Tuesday, January 24, 2012

Short takes: Romney tax returns show that it's good to be rich; Eurozone finance ministers want Greek bondholders to settle for rates below 4%; U.K debt at record levels

My it's good to be rich and unemployed. Mitt Romney, who is both, finally released his tax returns which revealed that the an makes big dollars off his investments, but pays very little in taxes compared to the average working stiff.

Bowing to pressure from his primary opponents, and hoping to diffuse a potential big issue in the fall, Romney released his tax returns for the past couple of years. It shows that he earned over $21 million on his investments. But because of the current U.S. tax laws, he only paid a tax rate of around 14 percent, lower than most Americans, and much lower than most middle class workers.

Romney's returns show what many suspected: the leading candidate for the GOP nomination has not earned a salary in years, yet is raking in big dollars due to his wealth. But because his earnings come from investments, rather than a paycheck, he pays less in taxes on that money.

"You'll see my income, how much taxes I've paid, how much I've paid to charity," Romney said during Monday night's debate, according to the NY Daily News story. "I pay all the taxes that are legally required and not a dollar more. I don't think you want someone as the candidate for President who pays more taxes than he owes."

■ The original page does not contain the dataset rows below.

// The table of all stores together.
ghost use Rattle.clr_average.specs.Average.{IsWithin};
ghost use Rattle.clr_joint.specs.Tables.{HasStocks, IsEnclosed, IsJointOf, IsNearBest, at_stocks, choices_of, opening, table_pairs, values_of};
ghost use Rattle.clr_model.specs.Stocks.{lists_of, place_in};
ghost use Rattle.clr_model.specs.Expected.{Tops};
ghost use Rattle.clr_model.specs.Fits.{fits};
ghost use Rattle.clr_model.specs.JointValue.{joint_low, joint_rung_at, joint_top};
ghost use Rattle.clr_model.specs.Revenue.{full_stocks};
ghost use Rattle.clr_rules.specs.FirstPath.{SomePathObeys};
ghost use Rattle.clr_rules.specs.LiveSummaries.{IsAmong, live_pairs};
ghost use Rattle.clr_rules.specs.Rules.{summary};
ghost use Rattle.clr_season.specs.Season.{IsSeason};
ghost use Rattle.clr_rows.specs.Rows.{row_at, week_at};
ghost use Rattle.std.specs.Prelude.{◌≡◌, ◌+◌, ◌-◌, ◌*◌, ◌<◌, ◌≤◌, ◌^◌, ℤ, pos, ◌+ℤ◌, ◌≤ℤ◌, [], length, get_or, IfOk, IsTrue};

use crate::week::weeks;
use clr_num::{Down, Up};
use clr_rows::{Week, row_of};
use clr_rules::{Live, Summary};
use clr_season::Season;
use std::alloc::{AllocError, Global};
use std::marker::Model;

/// The units that the stores open with.
fn opening_units(alloc: Global, season: &Season) -> Result<Vec<u32>, AllocError>
    ensures units { IfOk result (λ units. units.items ≡ full_stocks season.now) }
    ensures facts { IsSeason season.now }
{
    let count = season.stores();
    let mut units = Vec::with_capacity(alloc, count as usize)?;
    for index in 0..count {
        units.push(season.stock(index + 1))?;
    }
    Ok(units)
}

/// The number of lists of stocks.
fn count_lists(units: &[u32]) -> usize
    requires { lists_of units.now ≤ 1000000 }
    ensures { result ≡ lists_of units.now }
{
    let mut lists = 1;
    for store in units {
        lists *= *store as usize + 1;
    }
    lists
}

/// The place of a list of stocks among all lists, counted from 0. The first store's stock goes slowest.
fn place_of_stocks(units: &[u32], stocks: &[u32]) -> usize
    requires same { length stocks.now ≡ length units.now }
    requires inside { place_in units.now stocks.now < 2 ^ 64 }
    ensures { result ≡ place_in units.now stocks.now }
{
    let mut place = 0;
    for index in 0..units.len() {
        place = place * (units[index] as usize + 1) + stocks[index] as usize;
    }
    place
}

/// A week by the weeks done, where they stand from the end of the season back.
fn week_of(weeks: &[Week], done: u32) -> &Week
    requires { done < length weeks.now }
    ensures { result.now ≡ week_at weeks.now done }
{
    &weeks[weeks.len() - 1 - done as usize]
}

/// A value by the weeks done, the place of a summary's row and the place of a list of stocks.
fn value_at(weeks: &[Week], width: usize, done: u32, row: usize, place: usize) -> i64
    requires done { done < length weeks.now }
    requires row { (row + 1) * width ≤ length (week_at weeks.now done).values }
    requires place { place < width }
    ensures { result ≡ get_or (row_at width (week_at weeks.now done).values row) place (pos 0) }
{
    row_of(week_of(weeks, done).values(), width, row)[place]
}

/// A choice by the same.
fn choice_at(weeks: &[Week], width: usize, done: u32, row: usize, place: usize) -> u8
    requires done { done < length weeks.now }
    requires row { (row + 1) * width ≤ length (week_at weeks.now done).choices }
    requires place { place < width }
    ensures { result ≡ get_or (row_at width (week_at weeks.now done).choices row) place 0 }
{
    row_of(week_of(weeks, done).choices(), width, row)[place]
}

/// What all stores together can earn at most from each live summary and list of stocks on, rounded down each week and rounded up
/// each week, and the least rung that attains the value rounded down. It is seen as the list with an entry for each live summary,
/// by the weeks done and then in the order of summaries.
#[derive(Drop)]
pub struct Joint {
    live: Live,
    units: Vec<u32>,
    width: usize,
    lows: Vec<Week>,
    tops: Vec<Week>,
}

impl Model for Joint {
    ghost use Rattle.std.specs.Prelude.{List};
    ghost use Rattle.clr_joint.specs.Rows.{IsKept, entries_of};
    ghost use Rattle.clr_joint.specs.Tables.{Entry};

    ghost Value = { List Entry };

    ghost view = { λ t. entries_of t.live t.units.items t.width t.lows.items t.tops.items };

    ghost invariant = { λ t. IsKept t.live t.units.items t.width t.lows.items t.tops.items };
}

impl Joint {
    /// The table of a season in which some path obeys and that is small enough for it. `live` is of the season.
    ///
    /// No policy that keeps the rules earns more than the table's value rounded up at the opening. The policy that takes the table's
    /// choice at each node keeps the rules and earns at least the value rounded down there. The two lie at most a unit apart for
    /// each week, and so no policy that keeps the rules earns more than the table's one and a unit for each week.
    ///
    /// # Errors
    /// Where memory is wanting.
    pub fn build(alloc: Global, season: &Season, live: &Live) -> Result<Joint, AllocError>
        requires live { live.now ≡ live_pairs season.now.rules }
        requires any { SomePathObeys season.now.rules }
        requires fits { IsTrue (fits season.now) }
        ensures table { IfOk result (λ joint. IsJointOf season.now joint) }
        ensures opening { IfOk result (λ joint. opening joint ≡ (joint_low season.now, joint_top season.now)) }
        ensures first { IfOk result (λ joint. at_stocks (choices_of joint 0 (summary season.now.rules [])) (full_stocks season.now) 0 ≡ joint_rung_at season.now [] (full_stocks season.now)) }
        ensures tops { IfOk result (λ joint. Tops season.now (opening joint).1) }
        ensures encloses { IfOk result (λ joint. IsEnclosed season.now joint) }
        ensures close { IfOk result (λ joint. (opening joint).1 ≤ℤ ((opening joint).0 +ℤ pos season.now.rules.weeks)) }
        ensures near_best { IfOk result (λ _. IsNearBest season.now) }
    {
        let units = opening_units(alloc, season)?;
        let width = count_lists(&units);
        let lows = weeks::<Down>(alloc, season, live, width)?;
        let tops = weeks::<Up>(alloc, season, live, width)?;
        Ok(Joint {
            live: live.copy(alloc)?,
            units,
            width,
            lows,
            tops,
        })
    }

    /// The values at a live summary after `done` weeks with these stocks, one for each store: rounded down, and rounded up.
    pub fn at(&self, done: u32, s: Summary, stocks: &[u32]) -> (i64, i64)
        requires entry { IsAmong (table_pairs self.now) done s }
        requires stocks { HasStocks (values_of self.now done s) stocks.now }
        ensures value { result ≡ at_stocks (values_of self.now done s) stocks.now (pos 0, pos 0) }
        ensures low_size { IsWithin 1000000000000000000 result.0 }
        ensures top_size { IsWithin 1000000000000000000 result.1 }
    {
        let row = self.live.find(done, s).unwrap_or(0) as usize;
        let place = place_of_stocks(&self.units, stocks);
        let low = value_at(&self.lows, self.width, done, row, place);
        let top = value_at(&self.tops, self.width, done, row, place);
        (low, top)
    }

    /// The rung that is chosen at a live summary after `done` weeks with these stocks, one for each store, where a week is to come.
    pub fn choice(&self, done: u32, s: Summary, stocks: &[u32]) -> u32
        requires entry { IsAmong (table_pairs self.now) done s }
        requires stocks { HasStocks (choices_of self.now done s) stocks.now }
        ensures { result ≡ at_stocks (choices_of self.now done s) stocks.now 0 }
    {
        let row = self.live.find(done, s).unwrap_or(0) as usize;
        let place = place_of_stocks(&self.units, stocks);
        u32::from(choice_at(&self.lows, self.width, done, row, place))
    }

    /// The value rounded down before the first week at full stocks.
    pub fn low(&self) -> i64
        ensures value { result ≡ (opening self.now).0 }
        ensures size { IsWithin 1000000000000000000 result }
    {
        value_at(&self.lows, self.width, 0, 0, self.width - 1)
    }

    /// The value rounded up before the first week at full stocks.
    pub fn top(&self) -> i64
        ensures value { result ≡ (opening self.now).1 }
        ensures size { IsWithin 1000000000000000000 result }
    {
        value_at(&self.tops, self.width, 0, 0, self.width - 1)
    }
}
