// What is added to the averages of all stores for a rung after another.
ghost use Rattle.clr_average.specs.Average.{IsWithin};
ghost use Rattle.clr_joint.specs.BySummary.{costs, less_costs};
ghost use Rattle.std.specs.Prelude.{◌≡◌, ◌≤◌, pos, true, IsTrue};

use clr_model::relabelling;
use clr_rows::Added;
use clr_season::Season;

/// What all stores together pay for a rung after another.
fn cost_of_all(season: &Season, before: u32, rung: u32) -> u64
    ensures value { pos result ≡ costs season.now before rung }
    ensures range { result ≤ 1000000000000000 }
{
    let mut cost = 0;
    for index in 0..season.stores() {
        cost += relabelling(season, index + 1, before, rung);
    }
    cost
}

/// What is added to the averages for a rung after another.
fn added(season: &Season, before: u32, rung: u32) -> i64
    ensures value { result ≡ less_costs season.now before rung }
    ensures size { IsWithin 1000000000000000000 result }
{
    -(cost_of_all(season, before, rung) as i64)
}

/// What all stores of a season together are paid for a rung after another: the costs of relabelling, taken off.
#[derive(Drop)]
pub(crate) struct Payment<'a> {
    pub season: &'a Season,
}

impl<'a> Added for Payment<'a> {
    ghost more = { λ p. less_costs p.season.now };

    ghost may_ask = { λ p rung. IsTrue true };

    fn added(&self, before: u32, rung: u32) -> i64 {
        added(self.season, before, rung)
    }
}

European finance ministers demanded that private bondholders must accept a deal to be paid interest rates on Greek debt at a rate below 4 percent. The chief negotiator for the private bondholders, Charles Dallara, walked out of talks on Saturday when an agreement seemed to be in place to pay 4.25 percent, but then was informed that Euro leaders wanted the rate below the 4 percent level.

While the NYT report headlined Permanent Rescue Fund Seems Nearer in Europe, the view from Europe is that the rejection of the deal "sets the stage for a Greek default when a 14.4bn euro matures on March 20", said the Athens News.

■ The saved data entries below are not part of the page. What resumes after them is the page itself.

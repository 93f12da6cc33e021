// The sum over a week's joint demands, folded store by store.
ghost use Rattle.clr_average.specs.Average.{IsWithin};
ghost use Rattle.clr_joint.specs.Folds.{AreFolded, IsCell, cell_sum, fold_item, fold_reach};
ghost use Rattle.clr_model.specs.Stocks.{lists_of};
ghost use Rattle.clr_model.specs.Fits.{fits};
ghost use Rattle.clr_model.specs.Revenue.{full_stocks};
ghost use Rattle.clr_rows.specs.Rows.{AreWithin};
ghost use Rattle.std.specs.Prelude.{◌≡◌, ℕ, ◌<◌, ◌≤◌, ◌+◌, ◌-◌, ◌*◌, ◌^◌, ℤ, pos, ◌+ℤ◌, ◌*ℤ◌, length, get_or, IfOk, IsTrue};

use clr_model::CENT;
use clr_season::Season;
use std::alloc::{AllocError, Global};

/// A sum with a demand's weight times the item at what the demand leaves and what the sold units earn.
#[inline(always)]
fn plus_demand(total: i128, weight: u32, item: i128, earned: u128) -> i128
    requires earned { earned < 2 ^ 127 }
    requires item { IsWithin (2 ^ 127 - 1) (item +ℤ pos earned) }
    requires product { IsWithin (2 ^ 127 - 1) (pos weight *ℤ (item +ℤ pos earned)) }
    requires sum { IsWithin (2 ^ 127 - 1) (total +ℤ pos weight *ℤ (item +ℤ pos earned)) }
    ensures { result ≡ total +ℤ pos weight *ℤ (item +ℤ pos earned) }
{
    if weight == 0 {
        total
    } else {
        total + i128::from(weight) * (item + earned as i128)
    }
}

/// The sum over a store's demands at a place with this stock: the weight times the item at what is left and what the sold units
/// earn, each `unit`. Places whose stock differs by one lie a stride apart.
fn cell(
    weights: &[u32],
    unit: u128,
    items: &[i128],
    place: usize,
    stock: usize,
    stride: usize,
) -> i128
    requires inside { place < length items.now }
    requires stock { stock * stride ≤ place }
    requires sizes { (base : ℕ) × (reach : ℕ) × IsCell base reach unit stock weights.now items.now }
    ensures { result ≡ cell_sum weights.now unit items.now place stock stride (length weights.now) }
{
    let mut total = 0;
    for (demand, weight) in weights.iter().enumerate() {
        let sold = demand.min(stock);
        total = plus_demand(
            total,
            *weight,
            items[place - sold * stride],
            unit * sold as u128,
        );
    }
    total
}

/// Folds one store into the items of a week on a rung, where so many stores after it are folded. The items are by lists of stocks;
/// `stride` is the number of lists of the stores after it, and `power` the base to the number of these stores.
fn fold_store(
    alloc: Global,
    season: &Season,
    done: u32,
    rung: u32,
    folded: u32,
    stride: usize,
    power: u128,
    items: &[i128],
) -> Result<Vec<i128>, AllocError>
    requires fits { IsTrue (fits season.now) }
    requires early { done < season.now.rules.weeks }
    requires low { 1 ≤ rung }
    requires high { rung ≤ length season.now.rules.prices }
    requires folded { folded < length season.now.stores }
    requires stride { 1 ≤ stride }
    requires power { power ≡ season.now.base ^ folded }
    requires within { AreWithin (fold_reach season.now.base folded) items.now }
    ensures size { IfOk result (λ now. length now.items ≡ length items.now) }
    ensures within { IfOk result (λ now. AreWithin (fold_reach season.now.base (folded + 1)) now.items) }
    ensures each { IfOk result (λ now. (place : ℕ) → place < length items.now → get_or now.items place (pos 0) ≡ fold_item season.now done rung (length season.now.stores - folded) stride power items.now place) }
{
    let store = season.stores() - folded;
    let weights = season.weights(store, done + 1, rung);
    let unit = u128::from(CENT * season.price(rung)) * power;
    let stocks = season.stock(store) as usize + 1;
    let mut now = Vec::with_capacity(alloc, items.len())?;
    for place in 0..items.len() {
        let stock = place / stride % stocks;
        now.push(cell(weights, unit, items, place, stock, stride))?;
    }
    Ok(now)
}

/// The numbers of a row at 128 bits.
fn widened(alloc: Global, row: &[i64]) -> Result<Vec<i128>, AllocError>
    ensures { IfOk result (λ items. items.items ≡ row.now) }
{
    let mut items = Vec::with_capacity(alloc, row.len())?;
    for value in row {
        items.push(i128::from(*value))?;
    }
    Ok(items)
}

/// For each list of stocks the sum over a week's joint demands of what all stores earn on a rung and the value of the stocks that are
/// left, each times the chance out of the base to the number of stores. `row` has the values by lists of stocks. Nothing is paid for
/// relabelling.
///
/// The stores are folded one by one, from the last to the first. So the demands of the stores are summed one after another, and not
/// their lists.
pub fn fold_row(
    alloc: Global,
    season: &Season,
    done: u32,
    rung: u32,
    row: &[i64],
) -> Result<Vec<i128>, AllocError>
    requires fits { IsTrue (fits season.now) }
    requires early { done < season.now.rules.weeks }
    requires low { 1 ≤ rung }
    requires high { rung ≤ length season.now.rules.prices }
    requires size { length row.now ≡ lists_of (full_stocks season.now) }
    requires within { AreWithin 1000000000000000000 row.now }
    ensures { IfOk result (λ items. AreFolded season.now done rung (length season.now.stores) row.now items.items) }
{
    let mut items = widened(alloc, row)?;
    let mut stride = 1;
    let mut power = 1;
    for folded in 0..season.stores() {
        items = fold_store(alloc, season, done, rung, folded, stride, power, &items)?;
        stride *= season.stock(season.stores() - folded) as usize + 1;
        power *= u128::from(season.base());
    }
    Ok(items)
}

If your national debt is large the way to reduce it is to cut spending, right? But if one is in recession, and the lack of tax income is reducing revenue, then cutting spending threatens to make the debt level even higher, right?

Well, that second question is at the heart of the battle between opposing economic philosophies. Keynesians such as Paul Krugman have argued that one can not promote austerity at a time of great recession without making the situation worse, and actually growing one's debt. Austerity proponents, who are in charge in most European nations, and here in the U.S., say that one must cut spending first.

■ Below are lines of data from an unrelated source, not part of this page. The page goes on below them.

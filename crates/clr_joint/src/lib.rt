//! Two numbers between which lies what the best policy of a small chain earns, by a recursion over the live summaries and the stocks
//! of all stores that is rounded once a week, and a policy that comes within a unit of it for each week.
//!
//! Stores, weeks and rungs are counted from 1, the weeks done and the stocks from 0. Values are in units, of which a cent
//! has 10^6.
#![tactic(auto)]

mod average;
mod end;
mod fold;
mod joint;
mod laws;
mod payment;
mod week;

pub use joint::Joint;
pub use laws::joint_reads;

In the U.K. the theory is being put to the test.

Today the Guardian reported that Britain's national debt has risen above £1 trillion for the first time ever, despite austerity measures instituted by the conservative government - a government that shows no signs of backing away from its austerity programs.

"[This] shows the unsustainable level of spending this country built up over the past few years, and shows why it is critical for our nation's future that we deal decisively with the deficit," a Treasury spokesman said, the Guardian reported.

Despite the austerity measures, and the rising debt levels, a recent Guardian/ICM poll shows that the government of David Cameron is actually more popular now, with 40 percent support versus 35 percent for the Labour Party.